基金China-Korea Cooperation Project on the development of oceanic monitoring and prediction system on nuclear safetythe Project of the National Programme on Global Change and Air-sea Interaction under contract No.GASI-03-IPOVAI-05
文摘An operational ocean circulation-surface wave coupled forecasting system for the seas off China and adjacent areas(OCFS-C) is developed based on parallelized circulation and wave models. It has been in operation since November 1, 2007. In this paper we comprehensively present the simulation and verification of the system, whose distinguishing feature is that the wave-induced mixing is coupled in the circulation model. In particular, with nested technique the resolution in the China's seas has been updated to(1/24)° from the global model with(1/2)°resolution.
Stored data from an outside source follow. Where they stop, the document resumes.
//! The lines of one table, by what they do: each is its words and the command that they make.

pub(crate) mod change;
pub(crate) mod convert;
pub(crate) mod create;
pub(crate) mod grow;
pub(crate) mod read;
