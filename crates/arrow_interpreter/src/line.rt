//! The lines of a table of one width of offsets: the traits by which each line is its words and the command that they
//! make.
ghost use Rattle.std.specs.Prelude.{◌≡◌, ℤ, ℕ, IfOk, List, Option, is_some, map};
ghost use Rattle.arrow_model.specs.Request.{Request, as_request};
ghost use Rattle.arrow_interpreter.specs.Replies.{RunsLine, on_table};
ghost use Rattle.arrow_syntax.specs.Readers.{ParsesAs, ReadsToo, each};
ghost use Rattle.arrow_syntax.specs.Words.{words_of};

use crate::interpreter::Interpreter;
use arrow_syntax::readers::Words;
use arrow_table::{Command, Width};
use std::alloc::{AllocError, Global};

/// A line that makes a command: a name, a number, and further words.
pub(crate) trait CommandLine<O: ParseOffset> {
    /// The type of the words behind the number.
    type Rest: Words;

    /// The request that a number and the words behind it make, if these are well formed.
    ghost reader: { ℕ → List (List ℕ) → Option (Request ℤ) };

    /// Makes the command.
    fn command(number: usize, rest: Self::Rest) -> Command<i64, O>
        ensures { ReadsToo Self.Rest.reader (Self.Rest.content rest) (reader number) (as_request O.number result) };

    /// The words are well formed if those of their type are.
    ghost same: { (n : ℕ) (words : List (List ℕ)) → is_some (reader n words) ≡ is_some (Self.Rest.reader words) };
}

/// A line that reads its own words. Most of these lines make no command, which would copy the values of their words.
pub(crate) trait DirectLine<O: ParseOffset> {
    /// The request that a number and the words behind it make, if these are well formed.
    ghost reader: { ℕ → List (List ℕ) → Option (Request ℤ) };

    /// Returns whether the words are well formed. The number is a parameter only because the contract names it.
    fn is_line(number: usize, words: &[u8]) -> bool
        ensures { result ≡ is_some (reader number (words_of words.now)) };

    /// Runs the line and returns whether the words were well formed.
    fn run(interpreter: &mut Interpreter, number: usize, words: &[u8]) -> Result<bool, AllocError>
        ensures { IfOk result
            (RunsLine (on_table O.IS_LARGE (reader number (words_of words.now))) interpreter.old interpreter.new) };
}

/// A width of offsets that words write.
pub(crate) trait ParseOffset: Width {
    /// The number that a word writes, if it is one of the width's.
    ghost offset: { List ℕ → Option ℤ };

    /// Returns the offsets that words write, or `None` if one of them is malformed.
    fn offsets_of(alloc: Global, words: &[u8]) -> Result<Option<Vec<Self>>, AllocError>
        ensures { ParsesAs result (λ offsets. map Self.number offsets.items) (each offset (words_of words.now)) };

    /// Returns whether each word writes an offset.
    fn are_offsets(words: &[u8]) -> bool
        ensures { result ≡ is_some (each offset (words_of words.now)) };
}

impl ParseOffset for i32 {
    ghost use Rattle.arrow_syntax.specs.Words.{parse_i32};

    ghost offset = { parse_i32 };

    fn offsets_of(alloc: Global, words: &[u8]) -> Result<Option<Vec<i32>>, AllocError> {
        Vec::<i32>::of_words(alloc, words)
    }

    fn are_offsets(words: &[u8]) -> bool {
        Vec::<i32>::are_words(words)
    }
}

impl ParseOffset for i64 {
    ghost use Rattle.arrow_syntax.specs.Words.{parse_i64};

    ghost offset = { parse_i64 };

    fn offsets_of(alloc: Global, words: &[u8]) -> Result<Option<Vec<i64>>, AllocError> {
        Vec::<i64>::of_words(alloc, words)
    }

    fn are_offsets(words: &[u8]) -> bool {
        Vec::<i64>::are_words(words)
    }
}

/// Any number of offsets.
#[derive(Drop)]
pub(crate) struct OffsetWords<O: ParseOffset>(pub(crate) Vec<O>);

impl<O: ParseOffset> Words for OffsetWords<O> {
    ghost use Rattle.std.specs.Prelude.{ℤ, List, map};
    ghost use Rattle.arrow_syntax.specs.Readers.{each};

    ghost Content = { List ℤ };

    ghost content = { λ offsets. map O.number offsets.0.items };

    ghost reader = { each O.offset };

    fn of_words(alloc: Global, words: &[u8]) -> Result<Option<Self>, AllocError> {
        match O::offsets_of(alloc, words)? {
            Some(offsets) => Ok(Some(OffsetWords(offsets))),
            None => Ok(None),
        }
    }

    fn are_words(words: &[u8]) -> bool {
        O::are_offsets(words)
    }
}
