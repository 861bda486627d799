//! Bitmaps made of the marks of an iterator, whose length is not trusted.
ghost use Rattle.std.specs.Prelude.{IfErr, IfOk, OnOk};
ghost use Rattle.std.specs.Iterator.{Drains, IsFinite};
ghost use Rattle.arrow_types.specs.Failures.{OnlyOutOfMemory};
ghost use Rattle.arrow_bitmap.specs.MarkAppends.{AppendsMarks, AppendsMarksUntil};

use crate::{Bitmap, MutableBitmap};
use arrow_types::error::Error;
use std::alloc::Global;

impl MutableBitmap {
    /// Appends the marks of an iterator. `size_hint` is only used to reserve room; a reservation
    /// that fails is ignored.
    ///
    /// # Errors
    /// `OutOfMemory` if an allocation fails; the marks before the failure stay appended.
    pub fn extend<I: Iterator<Item = bool>>(&mut self, iter: I) -> Result<(), Error>
        requires can { I.can_next iter }
        requires ends { IsFinite (I.remaining iter) }
        ensures ok { OnOk result (AppendsMarks I.next_gives iter self.old self.new) }
        ensures err { IfErr result (AppendsMarksUntil I.next_gives iter self.old self.new) }
    {
        let (least, _) = iter.size_hint();
        // If that much room is refused at once, each mark asks for its own.
        let _ = self.reserve(least);
        for mark in iter {
            self.push(mark)?;
        }
        Ok(())
    }

    /// Creates a bitmap of the marks of an iterator. `size_hint` is only used to reserve room.
    ///
    /// # Errors
    /// `OutOfMemory` if an allocation fails.
    pub fn from_iter<I: Iterator<Item = bool>>(alloc: Global, iter: I) -> Result<Self, Error>
        requires can { I.can_next iter }
        requires ends { IsFinite (I.remaining iter) }
        ensures ok { IfOk result (Drains I.next_gives iter) }
        ensures err { OnlyOutOfMemory result }
    {
        let mut marks = MutableBitmap::new(alloc);
        marks.extend(iter)?;
        Ok(marks)
    }
}

impl Bitmap {
    /// Creates a bitmap of the marks of an iterator. `size_hint` is only used to reserve room.
    ///
    /// # Errors
    /// `OutOfMemory` if an allocation fails.
    pub fn from_iter<I: Iterator<Item = bool>>(alloc: Global, iter: I) -> Result<Self, Error>
        requires can { I.can_next iter }
        requires ends { IsFinite (I.remaining iter) }
        ensures ok { IfOk result (Drains I.next_gives iter) }
        ensures err { OnlyOutOfMemory result }
    {
        MutableBitmap::from_iter(alloc, iter)?.freeze()
    }
}
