//! Equality of lists of marks, also under a mask, 64 marks at a time.
ghost use Rattle.std.specs.Prelude.{◌≡◌, ℕ, ◌+◌, ◌<◌, ◌≤◌, ◌↔◌, IsTrue, IfSome, length};
ghost use Rattle.std.specs.Int.{bit_at};
ghost use Rattle.arrow_bitmap.specs.Masks.{AgreeWhere, FitsMask, IsValidAt};
ghost use Rattle.arrow_bitmap.specs.MarkEquality.{AgreeWhereIn, same_marks};

use crate::marks::Marks;
use crate::{Bitmap, MutableBitmap};

/// Returns whether two words have the same bits wherever `kept` has a set bit.
#[inline(always)]
fn same_word(first: u64, second: u64, kept: u64) -> bool
    ensures { IsTrue result ↔ ((i : ℕ) → i < 64 → bit_at kept i ≡ 1 → bit_at first i ≡ bit_at second i) }
{
    first & kept == second & kept
}

/// Returns 64 marks of a mask, from `place` on, as the bits of a word. Without a mask all are set.
#[inline(always)]
fn mask_word(mask: &Option<Marks<'_>>, place: usize) -> u64
    requires { IfSome mask.now (λ marks. place + 64 ≤ length marks) }
    ensures { (k : ℕ) → k < 64 → (bit_at result k ≡ 1) ↔ IsValidAt mask.now (place + k) }
{
    match mask {
        None => u64::MAX,
        Some(marks) => marks.word(place),
    }
}

/// Returns whether two lists of marks have the same mark wherever a mask has a set mark, among the 64 marks from `place`
/// on.
fn agree_in_word(
    first: &Marks<'_>,
    second: &Marks<'_>,
    mask: &Option<Marks<'_>>,
    place: usize,
) -> bool
    requires first { place + 64 ≤ length first.now }
    requires second { place + 64 ≤ length second.now }
    requires mask { IfSome mask.now (λ marks. place + 64 ≤ length marks) }
    ensures { IsTrue result ↔ AgreeWhereIn mask.now place 64 first.now second.now }
{
    same_word(
        first.word(place),
        second.word(place),
        mask_word(mask, place),
    )
}

/// Returns whether a mask has a set mark at `i`; without a mask every slot is valid.
#[inline(always)]
fn is_valid_at(mask: &Option<Marks<'_>>, i: usize) -> bool
    requires { IfSome mask.now (λ marks. i < length marks) }
    ensures { IsTrue result ↔ IsValidAt mask.now i }
{
    match mask {
        None => true,
        Some(marks) => marks.get(i),
    }
}

/// Returns whether two lists of marks of equal length agree wherever a mask has a set mark, one mark at a time.
fn agree_one_by_one(first: &Marks<'_>, second: &Marks<'_>, mask: &Option<Marks<'_>>) -> bool
    requires same { length first.now ≡ length second.now }
    requires fits { FitsMask first.now mask.now }
    ensures { IsTrue result ↔ AgreeWhere mask.now first.now second.now }
{
    for i in 0..first.len() {
        if is_valid_at(mask, i) {
            if first.get(i) != second.get(i) {
                return false;
            }
        }
    }
    true
}

/// Returns whether two lists of marks of equal length agree wherever a mask has a set mark, or everywhere without a
/// mask, 64 marks at a time.
fn agree_where(first: &Marks<'_>, second: &Marks<'_>, mask: &Option<Marks<'_>>) -> bool
    requires same { length first.now ≡ length second.now }
    requires fits { FitsMask first.now mask.now }
    ensures { IsTrue result ↔ AgreeWhere mask.now first.now second.now }
{
    let count = first.len();
    if count < 64 {
        return agree_one_by_one(first, second, mask);
    }
    for word in 0..count / 64 {
        if !agree_in_word(first, second, mask, 64 * word) {
            return false;
        }
    }
    // The last 64 marks, some of which may be compared a second time.
    agree_in_word(first, second, mask, count - 64)
}

/// Returns whether two slices have the same bytes.
fn same_slices(first: &[u8], second: &[u8]) -> bool
    ensures { IsTrue result → first.now ≡ second.now }
{
    first == second
}

/// Returns whether two lists of marks of equal length both begin with a byte, and have the same whole bytes and the
/// same last 64 marks. Bytes are compared at once.
fn have_same_bytes(first: &Marks<'_>, second: &Marks<'_>) -> bool
    requires { length first.now ≡ length second.now }
    ensures { IsTrue result → first.now ≡ second.now }
{
    let count = first.len();
    if count < 64 {
        return false;
    }
    let (Some(left), Some(right)) = (first.bytes(), second.bytes()) else {
        return false;
    };
    let whole = count / 8;
    same_slices(&left[..whole], &right[..whole]) && agree_in_word(first, second, &None, count - 64)
}

/// Returns whether two lists have the same marks.
fn are_same(first: &Marks<'_>, second: &Marks<'_>) -> bool
    ensures { IsTrue result ↔ first.now ≡ second.now }
{
    if first.len() != second.len() {
        return false;
    }
    // Most lists that are compared are the same.
    have_same_bytes(first, second) || agree_where(first, second, &None)
}

impl Bitmap {
    /// Returns whether two bitmaps of equal length have the same mark wherever `mask` has a set mark, or everywhere
    /// without a mask. Compares 64 marks at a time.
    pub fn agrees_where(&self, other: &Self, mask: &Option<Bitmap>) -> bool
        requires same { length self.now ≡ length other.now }
        requires fits { FitsMask self.now mask.now }
        ensures { IsTrue result ↔ AgreeWhere mask.now self.now other.now }
    {
        let mask = match mask {
            None => None,
            Some(marks) => Some(marks.marks()),
        };
        agree_where(&self.marks(), &other.marks(), &mask)
    }
}

impl MutableBitmap {
    /// Returns whether both lists have the same marks. Compares 64 marks at a time.
    pub fn has_marks_of(&self, other: &Self) -> bool
        ensures { IsTrue result ↔ self.now ≡ other.now }
    {
        are_same(&self.marks(), &other.marks())
    }

    /// Returns whether two lists of equal length have the same mark wherever `mask` has a set mark, or everywhere
    /// without a mask. Compares 64 marks at a time.
    pub fn agrees_where(&self, other: &Self, mask: &Option<MutableBitmap>) -> bool
        requires same { length self.now ≡ length other.now }
        requires fits { IfSome mask.now (λ marks. length marks ≡ length self.now) }
        ensures { IsTrue result ↔ AgreeWhere mask.now self.now other.now }
    {
        let mask = match mask {
            None => None,
            Some(marks) => Some(marks.marks()),
        };
        agree_where(&self.marks(), &other.marks(), &mask)
    }
}

impl PartialEq for Bitmap {
    ghost use Rattle.std.specs.Cmp.{decided, partial_equiv_from_equiv};
    ghost use Rattle.arrow_bitmap.specs.MarkEquality.{same_marks, same_marks-Decides};

    ghost eq = { same_marks };

    ghost laws = { partial_equiv_from_equiv (decided same_marks same_marks-Decides) };

    /// Returns whether both have the same marks.
    fn eq(&self, other: &Self) -> bool
        ensures value { result ≡ same_marks self.now other.now }
        ensures decides { IsTrue result ↔ self.now ≡ other.now }
    {
        are_same(&self.marks(), &other.marks())
    }
}

impl Eq for Bitmap {
    ghost use Rattle.std.specs.Cmp.{decided};
    ghost use Rattle.arrow_bitmap.specs.MarkEquality.{same_marks, same_marks-Decides};

    ghost laws = { decided same_marks same_marks-Decides };
}

impl PartialEq for MutableBitmap {
    ghost use Rattle.std.specs.Cmp.{decided, partial_equiv_from_equiv};
    ghost use Rattle.arrow_bitmap.specs.MarkEquality.{same_marks, same_marks-Decides};

    ghost eq = { same_marks };

    ghost laws = { partial_equiv_from_equiv (decided same_marks same_marks-Decides) };

    /// Returns whether both have the same marks, as [`MutableBitmap::has_marks_of`].
    fn eq(&self, other: &Self) -> bool
        ensures value { result ≡ same_marks self.now other.now }
        ensures decides { IsTrue result ↔ self.now ≡ other.now }
    {
        self.has_marks_of(other)
    }
}

impl Eq for MutableBitmap {
    ghost use Rattle.std.specs.Cmp.{decided};
    ghost use Rattle.arrow_bitmap.specs.MarkEquality.{same_marks, same_marks-Decides};

    ghost laws = { decided same_marks same_marks-Decides };
}
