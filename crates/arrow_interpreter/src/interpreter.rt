//! The state of a session, on which commands are run, and the second pass over the lines of an input.
ghost use Rattle.std.specs.Prelude.{[], ◌≡◌, IfOk, OnOk, string_bytes};
ghost use Rattle.arrow_model.specs.Answer.{done, answer_of};
ghost use Rattle.arrow_model.specs.Both.{narrow_to, widen};
ghost use Rattle.arrow_model.specs.Item.{stored_slot};
ghost use Rattle.arrow_model.specs.Request.{all_slots, as_request, at, parts_request, push};
ghost use Rattle.arrow_table.specs.Width.{on_width};
ghost use Rattle.arrow_interpreter.specs.Replies.{AppendsAnswer, RunsLine, RunsRequest, at_first};

use crate::line::{CommandLine, DirectLine, ParseOffset};
use crate::listing::push_listed;
use crate::pass::{Pass, TwoNumbers};
use arrow_syntax::print::push_replies;
use arrow_syntax::readers::{Last, Words};
use arrow_table::{Command, Item, Parts, Reply, Tables, Width};
use std::alloc::{AllocError, Global};
use std::slice::from_ref;

/// The number of entries of each table.
const ENTRIES: usize = 16;

/// The tables of a session, and the text of its replies so far. Each call runs one command on the table of a width of
/// offsets and appends the text of its reply. If an allocation fails, the text may hold a beginning of it.
#[derive(Drop)]
pub struct Interpreter {
    /// The two tables.
    pub tables: Tables<i64>,
    /// The text of all replies.
    pub text: String,
}

impl Interpreter {
    /// Creates tables of empty entries, with no text.
    pub fn new(alloc: Global) -> Result<Self, AllocError>
        ensures tables { IfOk result (λ interpreter. interpreter.tables ≡ at_first) }
        ensures text { IfOk result (λ interpreter. string_bytes interpreter.text ≡ []) }
    {
        match Tables::new(alloc, ENTRIES) {
            Ok(tables) => Ok(Interpreter {
                tables,
                text: String::new(alloc),
            }),
            Err(_) => Err(AllocError),
        }
    }

    /// Drops the tables and returns the text.
    pub fn into_text(self) -> String
        ensures { string_bytes result ≡ string_bytes self.text }
    {
        self.tables.discard();
        self.text
    }

    /// Runs a command.
    #[inline(always)]
    pub fn run<O: Width>(&mut self, command: Command<i64, O>) -> Result<(), AllocError>
        ensures { OnOk result (RunsRequest (on_width O.IS_LARGE (as_request O.number command)) self.old self.new) }
    {
        let alloc = *self.text.allocator();
        let reply = O::step(&mut self.tables, alloc, &command);
        self.push_reply(reply)
    }

    /// Makes a value of raw parts, which are moved into it, in an empty entry.
    #[inline(always)]
    pub fn parts<O: Width>(&mut self, e: usize, parts: Parts<i64, O>) -> Result<(), AllocError>
        ensures { OnOk result (RunsRequest (on_width O.IS_LARGE (parts_request O.number e parts)) self.old self.new) }
    {
        let reply = O::parts(&mut self.tables, e, parts);
        self.push_reply(reply)
    }

    /// Appends a slot to the builder in an entry. No command is made for it.
    pub fn push<O: Width>(&mut self, e: usize, slot: &Option<Item<i64>>) -> Result<(), AllocError>
        ensures { OnOk result
            (RunsRequest (on_width O.IS_LARGE (at e (push (stored_slot slot.now)))) self.old self.new) }
    {
        let reply = O::push(&mut self.tables, e, slot);
        self.push_reply(reply)
    }

    /// Appends the text of all slots of an entry, which are written from where they lie.
    pub fn list<O: Width>(&mut self, e: usize) -> Result<(), AllocError>
        ensures { OnOk result (RunsRequest (on_width O.IS_LARGE (at e all_slots)) self.old self.new) }
    {
        let entry = O::get(&self.tables, e);
        push_listed(&mut self.text, entry)
    }

    /// Copies the array in the narrow entry `e` into the empty wide entry `f`.
    pub fn widen(&mut self, e: usize, f: usize) -> Result<(), AllocError>
        ensures { OnOk result (RunsRequest (widen e f) self.old self.new) }
    {
        let reply = self.tables.widen(e, f);
        self.push_reply(reply)
    }

    /// Copies the array in the wide entry `e` into the empty narrow entry `f`.
    pub fn narrow_to(&mut self, e: usize, f: usize) -> Result<(), AllocError>
        ensures { OnOk result (RunsRequest (narrow_to e f) self.old self.new) }
    {
        let reply = self.tables.narrow_to(e, f);
        self.push_reply(reply)
    }

    /// Appends the text of a reply.
    #[inline(always)]
    fn push_reply(&mut self, reply: Reply<i64>) -> Result<(), AllocError>
        ensures { OnOk result (AppendsAnswer (answer_of reply) self.old self.new) }
    {
        match reply {
            Reply::Done => self.push_done(),
            other => self.push_other(other),
        }
    }

    /// Appends the text of `Reply::Done`. Most commands have this reply, which is written with no call.
    #[inline(always)]
    fn push_done(&mut self) -> Result<(), AllocError>
        ensures { OnOk result (AppendsAnswer done self.old self.new) }
    {
        self.text.push_str("ok\n")
    }

    /// Appends the text of any reply.
    #[inline(never)]
    fn push_other(&mut self, reply: Reply<i64>) -> Result<(), AllocError>
        ensures { OnOk result (AppendsAnswer (answer_of reply) self.old self.new) }
    {
        push_replies(&mut self.text, from_ref(&reply))
    }
}

// The second pass: lines are run, and their replies appended to the text.
impl Pass for Interpreter {
    ghost Handles = { λ request old new result. IfOk result (RunsLine request old new) };

    #[inline(always)]
    fn none(&mut self) -> Result<bool, AllocError> {
        Ok(false)
    }

    #[inline(always)]
    fn line<O: ParseOffset, L: CommandLine<O>>(
        &mut self,
        number: usize,
        words: &[u8],
    ) -> Result<bool, AllocError> {
        match L::Rest::of_words(*self.text.allocator(), words)? {
            Some(rest) => {
                self.run::<O>(L::command(number, rest))?;
                Ok(true)
            }
            None => Ok(false),
        }
    }

    #[inline(always)]
    fn direct<O: ParseOffset, L: DirectLine<O>>(
        &mut self,
        number: usize,
        words: &[u8],
    ) -> Result<bool, AllocError> {
        L::run(self, number, words)
    }

    fn widen_line(&mut self, words: &[u8]) -> Result<bool, AllocError> {
        match TwoNumbers::of_words(*self.text.allocator(), words)? {
            Some((e, Last(f))) => {
                self.widen(e, f)?;
                Ok(true)
            }
            None => Ok(false),
        }
    }

    fn narrow_line(&mut self, words: &[u8]) -> Result<bool, AllocError> {
        match TwoNumbers::of_words(*self.text.allocator(), words)? {
            Some((e, Last(f))) => {
                self.narrow_to(e, f)?;
                Ok(true)
            }
            None => Ok(false),
        }
    }
}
Besides, daily remote sensing sea surface temperature(SST) data have been assimilated into the model to generate a hot restart field for OCFS-C. Moreover, inter-comparisons between forecasting and independent observational data are performed to evaluate the effectiveness of OCFS-C in upper-ocean quantities predictions, including SST, mixed layer depth(MLD) and subsurface temperature. Except in conventional statistical metrics, non-dimensional skill scores(SS) is also used to evaluate forecast skill. Observations from buoys and Argo profiles are used for lead time and real time validations, which give a large SS value(more than 0.90). Besides, prediction skill for the seasonal variation of SST is confirmed. Comparisons of subsurface temperatures with Argo profiles data indicate that OCFS-C has low skill in predicting subsurface temperatures between 100 m and 150 m. Nevertheless, inter-comparisons of MLD reveal that the MLD from model is shallower than that from Argo profiles by about 12 m, i.e., OCFS-C is successful and steady in MLD predictions. Validation of 1-d, 2-d and 3-d forecasting SST shows that our operational ocean circulation-surface wave coupled forecasting model has reasonable accuracy in the upper ocean.